Once you reach the line holding "#![tactic(auto)]", write out that line and every later one exactly, ending with the last line of the data; write nothing else.

** THE DATA follows **

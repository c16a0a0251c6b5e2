//! For tests alone: the tests of the crates below networks, from kinds to declarations. Each thing
//! tested has a folder. (A crate with tests of its own would be proved twice.)
#![tactic(auto)]

#[cfg(test)]
mod declarations;
#[cfg(test)]
mod info;
#[cfg(test)]
mod kinds;
#[cfg(test)]
mod merges;
#[cfg(test)]
mod premises;
#[cfg(test)]
mod procs;
#[cfg(test)]
mod refusals;
#[cfg(test)]
mod registry;
#[cfg(test)]
mod store;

** End of THE DATA **

**RESULT OF THE EXERCISE**
#![tactic(auto)]

#[cfg(test)]
mod declarations;
#[cfg(test)]
mod info;
#[cfg(test)]
mod kinds;
#[cfg(test)]
mod merges;
#[cfg(test)]
mod premises;
#[cfg(test)]
mod procs;
#[cfg(test)]
mod refusals;
#[cfg(test)]
mod registry;
#[cfg(test)]
mod store;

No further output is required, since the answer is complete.